In the event of a successful recovery, the 50-day moving average would be the next obstacle before the 200-day moving average, which technically initiated the recent drop by rejecting the price to the downside.
However, the market structure cannot be considered bullish until a breakout above the $2000 static resistance level.
So, a bearish continuation towards the $1000 level and even a potential break below it still remains the more likely scenario, as the price could be rejected by any of the above-mentioned resistance levels in a bearish environment.
The 4-Hour Chart
On the 4-hour timeframe, the price has seemingly formed a new support level at the recent low, around the $1100 mark, and is on its way toward the $1350 resistance level. A breakout from the bullish flag pattern demonstrated on the chart is also confirming a probable bullish move in the short term.
A break above the $1350 level would likely result in a rally toward the $1600 resistance area. On the other hand, a bearish rejection would cause a retest of the $1100 support level, which may not be able to hold for long. As a result, it would likely make way for a drop toward the key $1000 area.
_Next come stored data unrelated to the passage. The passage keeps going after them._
//! Changes of several words, made up as they are read.
ghost use Rattle.std.specs.Prelude.{◌≡◌, ◌<◌, ◌≤◌, ◌+◌, ◌-◌, ◌^◌, ◌++◌, ℕ, List, length, drop, slice_index, slice_index_or, IfOk, IfErr, IfSome};
ghost use Rattle.jc_commit.specs.Runs.{run_words};
ghost use Rattle.jc_heap.specs.Place.{place_word, words_of};
ghost use Rattle.jc_heap.specs.Changes.{AreWords};
ghost use Rattle.jc_heap.specs.Elements.{elements_of, byte_or_none, bytes_with, FitPacking, packing_words};

use crate::layout::HEADER;
use crate::place::Place;
use jc_commit::{LONGEST_WORD_RUN, WordChanges, WordRun};
use jc_transient::Ref;
use jc_words::layout::{APPLETS, REGISTRY};
use std::marker::Model;

/// Values for cells, one after another.
#[derive(Clone, Copy)]
pub enum Elements<'a> {
    Bytes(&'a [u8]),
    Words(&'a [u16]),
}

impl<'a> Elements<'a> {
    /// How many there are.
    #[inline(always)]
    pub(crate) fn count(self) -> usize
        ensures { result ≡ length (elements_of self.entry) }
    {
        match self {
            Elements::Bytes(bytes) => bytes.len(),
            Elements::Words(words) => words.len(),
        }
    }

    // One of them.
    #[inline(always)]
    fn element(self, k: usize) -> u16
        requires { k < length (elements_of self) }
        ensures { result ≡ slice_index (elements_of self.entry) k }
    {
        match self {
            Elements::Bytes(bytes) => u16::from(bytes[k]),
            Elements::Words(words) => words[k],
        }
    }
}

/// Bytes for the cells of an object from an index on.
#[derive(Clone, Copy)]
pub struct ByteRun<'a> {
    pub object: Ref,
    pub start: u16,
    pub bytes: &'a [u8],
}

/// How the values of a run stand in words.
#[derive(Clone, Copy)]
pub(crate) enum Packing {
    /// One in a word.
    Single,
    /// Two in a word: the first one after this byte, where there is one, and the last one before that byte.
    Double {
        before: Option<u8>,
        behind: Option<u8>,
    },
}

// A byte, 0 where there is none.
#[inline(always)]
fn optional_byte(byte: Option<u8>) -> u16
    ensures value { result ≡ slice_index (byte_or_none byte) 0 }
    ensures small { result < 256 }
{
    match byte {
        Some(byte) => u16::from(byte),
        None => 0,
    }
}

// The byte of an index among the bytes of a run: those that stay before and after it count.
#[inline(always)]
fn byte_of_run(before: Option<u8>, values: Elements, behind: Option<u8>, j: usize) -> u16
    requires { (k : ℕ) → k < length (elements_of values) → slice_index (elements_of values) k < 256 }
    ensures value { result ≡ slice_index (bytes_with before (elements_of values.entry) behind) j }
    ensures small { result < 256 }
{
    let first = usize::from(before.is_some());
    if j < first {
        return optional_byte(before);
    }
    let k = j - first;
    let count = values.count();
    if k < count {
        return values.element(k);
    }
    if k == count {
        return optional_byte(behind);
    }
    0
}

// The bytes of a run's words after the first one, as far as they stand in the slice.
#[inline(always)]
fn behind_first(before: Option<u8>, bytes: &[u8]) -> &[u8]
    ensures { result.now ≡ drop (2 - length (byte_or_none before)) bytes.now }
{
    let first = 2 - usize::from(before.is_some());
    if first < bytes.len() {
        return &bytes[first..];
    }
    &bytes[bytes.len()..]
}

/// The words of a run of cells from an address on.
#[derive(Drop)]
pub(crate) struct CellRun<'a> {
    at: u16,
    values: Elements<'a>,
    packing: Packing,
}

impl<'a> Model for CellRun<'a> {
    ghost use Rattle.std.specs.Prelude.{List, ℕ, length, ◌+◌, ◌≤◌};
    ghost use Rattle.jc_commit.specs.Runs.{run_words};
    ghost use Rattle.jc_heap.specs.Elements.{elements_of, packing_words, FitPacking};

    ghost Value = { List (ℕ × ℕ) };

    ghost view = { λ r. run_words r.at (packing_words r.packing (elements_of r.values)) };

    ghost invariant = { λ r. (r.at + length (packing_words r.packing (elements_of r.values)) ≤ 65536)
        × FitPacking r.packing (elements_of r.values) };
}

impl<'a> CellRun<'a> {
    pub(crate) fn new(at: u16, values: Elements<'a>, packing: Packing) -> Self
        requires fits { at + length (packing_words packing (elements_of values)) ≤ 65536 }
        requires packing { FitPacking packing (elements_of values) }
        ensures { result ≡ run_words at (packing_words packing (elements_of values.entry)) }
    {
        CellRun {
            at,
            values,
            packing,
        }
    }

    // A word of the run.
    #[inline(always)]
    fn word(&self, k: usize) -> (u16, u16)
        requires { k < length self.now }
        ensures { result ≡ slice_index_or self.now k (0, 0) }
    {
        let value = match self.packing {
            Packing::Single => self.values.element(k),
            Packing::Double { before, behind } => {
                256 * byte_of_run(before, self.values, behind, 2 * k)
                    + byte_of_run(before, self.values, behind, 2 * k + 1)
            }
        };
        (self.address(k), value)
    }

    // The address of a word.
    #[inline(always)]
    fn address(&self, k: usize) -> u16
        requires { k < length self.now }
        ensures { result ≡ (slice_index_or self.now k (0, 0)).0 }
    {
        self.at + k as u16
    }

    // The address of the first word, after which the others stand.
    #[inline(always)]
    fn start(&self) -> u16
        ensures row { (k : ℕ) → k < length self.now
            → (slice_index_or self.now k (0, 0)).0 ≡ result + k }
        ensures within { result + length self.now ≤ 65536 }
    {
        self.at
    }

    // How many words there are.
    #[inline(always)]
    fn length(&self) -> usize
        ensures { result ≡ length self.now }
    {
        let count = self.values.count();
        match self.packing {
            Packing::Single => count,
            Packing::Double { before, behind } => {
                (usize::from(before.is_some()) + count + usize::from(behind.is_some())).div_ceil(2)
            }
        }
    }

    /// The same with its words ready to be read, where two bytes of a slice stand in each.
    #[inline(never)]
    pub(crate) fn packed(self) -> Result<PackedRun<'a>, CellRun<'a>>
        ensures packed { IfOk result (λ run. run ≡ self.entry) }
        ensures as_it_is { IfErr result (λ run. run ≡ self.entry) }
    {
        let count = self.length();
        if count == 0 {
            return Err(self);
        }
        let Elements::Bytes(bytes) = self.values else {
            return Err(self);
        };
        let Packing::Double { before, behind: _ } = self.packing else {
            return Err(self);
        };
        let (_, first) = self.word(0);
        let (_, last) = self.word(count - 1);
        Ok(PackedRun {
            count,
            first,
            middle: behind_first(before, bytes),
            last,
            run: self,
        })
    }
}

impl<'a> WordChanges for CellRun<'a> {
    ghost changes = { λ words. words };

    #[inline(always)]
    fn count(&self) -> usize {
        self.length()
    }

    #[inline(always)]
    fn change(&self, k: usize) -> (u16, u16) {
        self.word(k)
    }

    // Words of which each stands in one of its own.
    #[inline(always)]
    fn as_run(&self) -> Option<WordRun<'_>> {
        let Packing::Single = self.packing else {
            return None;
        };
        let Elements::Words(words) = self.values else {
            return None;
        };
        if words.is_empty() || LONGEST_WORD_RUN < words.len() {
            return None;
        }
        Some(WordRun::new(self.at, words))
    }
}

/// A run of bytes of which two stand in each word. What the first word and the last one say is known, and the bytes of
/// those between stand in a slice, so that one test finds them.
#[derive(Drop)]
pub(crate) struct PackedRun<'a> {
    run: CellRun<'a>,
    count: usize,
    first: u16,
    middle: &'a [u8],
    last: u16,
}

impl<'a> Model for PackedRun<'a> {
    ghost use Rattle.std.specs.Prelude.{List, ℕ, ◌≡◌, length};
    ghost use Rattle.jc_heap.specs.Elements.{AreSaidBy};

    ghost Value = { List (ℕ × ℕ) };

    ghost view = { λ r. r.run };

    ghost invariant = { λ r. (r.count ≡ length r.run)
        × AreSaidBy r.first r.middle.now r.last r.run };
}

impl<'a> PackedRun<'a> {
    // How many words there are.
    #[inline(always)]
    fn length(&self) -> usize
        ensures { result ≡ length self.now }
    {
        self.count
    }

    // What a word says.
    #[inline(always)]
    fn value(&self, k: usize) -> u16
        requires { k < length self.now }
        ensures { result ≡ (slice_index_or self.now k (0, 0)).1 }
    {
        if k == 0 {
            return self.first;
        }
        if k + 1 == self.count {
            return self.last;
        }
        let middle = self.middle;
        let j = 2 * (k - 1);
        256 * u16::from(middle[j]) + u16::from(middle[j + 1])
    }

    /// Puts the words into a room that has as many, and answers the address of the first one.
    #[inline(always)]
    pub(crate) fn fill(&self, room: &mut [u16]) -> u16
        requires { length room.old ≡ length self.now }
        ensures same { run_words result room.new ≡ self.now }
        ensures within { result + length room.new ≤ 65536 }
    {
        let first = self.run.start();
        for k in 0..room.len() {
            room[k] = self.value(k);
        }
        first
    }
}

impl<'a> WordChanges for PackedRun<'a> {
    ghost changes = { λ words. words };

    #[inline(always)]
    fn count(&self) -> usize {
        self.length()
    }

    #[inline(always)]
    fn change(&self, k: usize) -> (u16, u16) {
        (self.run.address(k), self.value(k))
    }
}

// The word of a place that has one of its own.
#[inline(always)]
#[tactic(auto, unfolding(crate::specs::Heap::cell_address))]
pub(crate) fn word_of(place: Place) -> u16
    requires { place_word place < 65536 }
    ensures { result ≡ place_word place }
{
    match place {
        Place::Cell(object, i) => object.address() + (HEADER + i),
        Place::Static(package, j) => package.address() + j,
        Place::Registry(i) => REGISTRY + i,
        Place::AppletCount => APPLETS,
    }
}

/// The words of places that are to be set, and that have words of their own.
#[derive(Drop)]
pub(crate) struct PlaceWords<'a> {
    places: &'a [(Place, u16)],
}

impl<'a> Model for PlaceWords<'a> {
    ghost use Rattle.std.specs.Prelude.{List, ℕ};
    ghost use Rattle.jc_heap.specs.Place.{words_of};
    ghost use Rattle.jc_heap.specs.Changes.{AreWords};

    ghost Value = { List (ℕ × ℕ) };

    ghost view = { λ w. words_of w.places.now };

    ghost invariant = { λ w. AreWords (words_of w.places.now) };
}

impl<'a> PlaceWords<'a> {
    pub(crate) fn new(places: &'a [(Place, u16)]) -> Self
        requires { AreWords (words_of places.now) }
        ensures { result ≡ words_of places.now }
    {
        PlaceWords { places }
    }

    // How many there are.
    pub(crate) fn length(&self) -> usize
        ensures exact { result ≡ length self.now }
        ensures most { result < 2 ^ 63 }
    {
        let places = self.places;
        places.len()
    }
}

impl<'a> WordChanges for PlaceWords<'a> {
    ghost changes = { λ words. words };

    fn count(&self) -> usize {
        self.length()
    }

    fn change(&self, k: usize) -> (u16, u16) {
        let places = self.places;
        let (place, value) = places[k];
        (word_of(place), value)
    }
}

/// The words of a change, and those of another one after them.
#[derive(Drop)]
pub(crate) struct Both<A: WordChanges, B: WordChanges> {
    pub(crate) first: A,
    pub(crate) second: B,
    ghost few: { length (A.changes first) + length (B.changes second) < 2 ^ 64 },
}

impl<A: WordChanges, B: WordChanges> WordChanges for Both<A, B> {
    ghost changes = { λ both. A.changes both.first ++ B.changes both.second };

    fn count(&self) -> usize {
        self.first.count() + self.second.count()
    }

    fn change(&self, k: usize) -> (u16, u16) {
        let first = self.first.count();
        if k < first {
            return self.first.change(k);
        }
        self.second.change(k - first)
    }
}
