//! The words of a package's record, whose last ones are its static image.
ghost use Rattle.std.specs.Prelude.{ℕ, ◌≡◌, ◌<◌, ◌≤◌, ◌+◌, false, length, slice_index, take, drop, IfSome};
ghost use Rattle.jc_words.specs.Layout.{text_start};
ghost use Rattle.jc_heap.specs.Component.{record_of, record_parts};
ghost use Rattle.jc_heap.specs.Statics.{image_from, statics_of, IsStatic};

use crate::heap::Heap;
use jc_commit::Journal;
use jc_transient::Ref;
use jc_words::WordStore;

// Where the static image begins, in a record of n words.
fn find_image<S: WordStore>(journal: &Journal<S>, base: u16, long: u16) -> Option<u16>
    requires behind { text_start ≤ base }
    requires there { base + long ≤ length journal.now.plain }
    requires small { length journal.now.plain < 65536 }
    ensures { result ≡ image_from (record_parts (take long (drop base journal.now.plain))) }
{
    let end = u32::from(base + long);
    let mut second = u32::from(base) + 2;
    while second < end {
        if journal.read(second as u16 - 1) == 0 {
            return Some(second as u16 - base);
        }
        second += (u32::from(journal.read(second as u16)) + 5) / 2;
    }
    if second == end && journal.read(second as u16 - 1) == 0 {
        return Some(second as u16 - base);
    }
    None
}

impl<S: WordStore> Heap<S> {
    /// Where the static image begins in the record of the package at an address: the offset of its first
    /// word; none, where the record has no component or ends before.
    pub fn statics(&self, at: Ref) -> Option<u16>
        requires up { self.now.down ≡ false }
        requires there { 0 < length (record_of self.now.now at) }
        ensures exact { result ≡ statics_of (record_of self.now.now at) }
        ensures within { IfSome result (λ o. o ≤ length (record_of self.now.now at)) }
        ensures image { IfSome result (λ o. (j : ℕ) → o ≤ j → j < length (record_of self.now.now at)
            → IsStatic (record_of self.now.now at) j) }
    {
        let base = at.address();
        let long = self.journal.read(base).max(1);
        if long == 1 {
            return None;
        }
        let first = self.journal.read(base + 1);
        if first == 0 {
            return None;
        }
        find_image(&self.journal, base, long)
    }

    /// How many words the record of the package at an address has. The static image is the last of them.
    pub fn record_length(&self, at: Ref) -> u16
        requires up { self.now.down ≡ false }
        requires there { 0 < length (record_of self.now.now at) }
        ensures { result ≡ length (record_of self.now.now at) }
    {
        self.journal.read(at.address()).max(1)
    }

    /// A word of a package's record.
    pub fn record_word(&self, at: Ref, j: u16) -> u16
        requires up { self.now.down ≡ false }
        requires word { j < length (record_of self.now.now at) }
        ensures { result ≡ slice_index (record_of self.now.now at) j }
    {
        self.journal.read(at.address() + j)
    }

    // The word of a static image's word.
    pub(crate) fn static_word(&self, at: Ref, j: u16) -> u16
        requires up { self.now.down ≡ false }
        requires word { IsStatic (record_of self.now.now at) j }
        ensures { result ≡ at + j }
    {
        let _ = &self.journal; // so that the proof knows what holds of every heap: records lie below its end
        at.address() + j
    }
}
The RSI indicator has also recovered from deep oversold values and is even indicating a slight shift in favor of the bulls, as it is trending above the 50% equilibrium level. However, considering the higher timeframe market structure, bearish scenarios are still more likely to play out.
Sentiment Analysis
ETH Open Interest
Following the recent crash led by FTX’s issues and bankruptcy, the crypto market has witnessed massive liquidations in the derivative market.
The perpetual futures market has been playing a significant role in determining the short-term and mid-term price action for most crypto assets since the beginning of this cycle. So, analyzing the trading volume and the sentiment of futures traders usually offers key insights.
One of the most useful metrics for futures market sentiment analysis is the open interest (OI), which measures the number of open short and long positions on a daily basis. An increase in this metric would typically cause a rise in volatility, and on the other hand, a decrease in Open Interest would lead to more stable price action.
Prior to the recent market crash, Ethereum’s Open interest had constantly been rising, as many traders began opening long positions believing that the bottom was in. Many others were shorting ETH to hedge their spot portfolios against a potential decline.
Last week’s crash led to an immense liquidation cascade, further increasing the volatility and aggravation. These liquidations have been demonstrated by a sharp drop in the open interest.
As a result, less volatility caused by the futures market could be expected in the short-term future. However, the price could still drop further because of a potential increase in the spot selling pressure.